TASK STATEMENT → Calculate how many lines in the following records hold the word "length", and report that number without comment.

☆ ☆ ☆

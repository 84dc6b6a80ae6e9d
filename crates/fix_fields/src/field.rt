//! Fields, and why bytes are no list of them.
ghost use Rattle.std.specs.Prelude.{◌≡◌};

use std::alloc::{AllocError, AllocFailed};
use std::fmt;
use std::marker::Model;

/// A field of a message: its tag, from 1 to 99,999, and the bytes of its value, where they stand in the frame.
/// Contracts see it as the tag and the list of the bytes.
#[derive(Debug, Drop)]
pub struct Field<'a> {
    pub tag: u32,
    pub bytes: &'a [u8],
}

impl<'a> Model for Field<'a> {
    ghost use Rattle.fix_fields.specs.Field.{Field};

    ghost Value = { Field };

    ghost view = { λ f. record { tag = f.tag; bytes = f.bytes.now } };
}

/// Why bytes are no list of fields. The place `at` is that of the field's first byte, counted from 0.
#[derive(Clone, Copy, Debug, PartialEq, Eq, Drop)]
pub enum FieldFault {
    /// No `=` stands before the SOH that ends the field.
    NoEquals { at: u32 },
    /// What stands before `=` is no tag.
    BadTag { at: u32 },
    /// No SOH ends the field.
    NoEnd { at: u32 },
    /// The length in a field 95 or 354 is no number, and `at` is that field's place; or the field 96 or 355 with
    /// so many bytes does not stand behind it, and `at` is the place where it should begin.
    DataShort { at: u32 },
    NoMemory,
}

impl FieldFault {
    ghost use Rattle.fix_fields.specs.Faults.{fault_text};

    /// What is wrong with the bytes, in words.
    #[tactic(auto, unfolding(crate::specs::Faults::fault_text))]
    pub fn text(self) -> &'static str
        ensures { result.now ≡ fault_text self }
    {
        match self {
            FieldFault::NoEquals { .. } => "a field has no =",
            FieldFault::BadTag { .. } => "what stands before an = is no tag",
            FieldFault::NoEnd { .. } => "the last field does not end",
            FieldFault::DataShort { .. } => "a field of data is shorter than its length field says",
            FieldFault::NoMemory => "out of memory",
        }
    }
}

impl fmt::Display for FieldFault {
    ghost use Rattle.std.specs.Prelude.{Some};
    ghost use Rattle.fix_fields.specs.Faults.{fault_text};

    ghost output = { λ fault. Some (fault_text fault) };

    fn fmt<W: fmt::Write>(&self, f: &mut fmt::Formatter<W>) -> fmt::Result {
        f.write_str(self.text())
    }
}

impl From<AllocError> for FieldFault {
    ghost use Rattle.fix_fields.specs.declared.field.FieldFault.TheVariants.{NoMemory};

    ghost from_gives = { λ _ fault. fault ≡ NoMemory };

    fn from(_error: AllocError) -> FieldFault {
        FieldFault::NoMemory
    }
}

impl<T: Drop> From<AllocFailed<T>> for FieldFault {
    ghost use Rattle.fix_fields.specs.declared.field.FieldFault.TheVariants.{NoMemory};

    ghost from_gives = { λ _ fault. fault ≡ NoMemory };

    fn from(_error: AllocFailed<T>) -> FieldFault {
        FieldFault::NoMemory
    }
}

☆ ☆ ☆

OUTPUT FOR THIS TASK → 2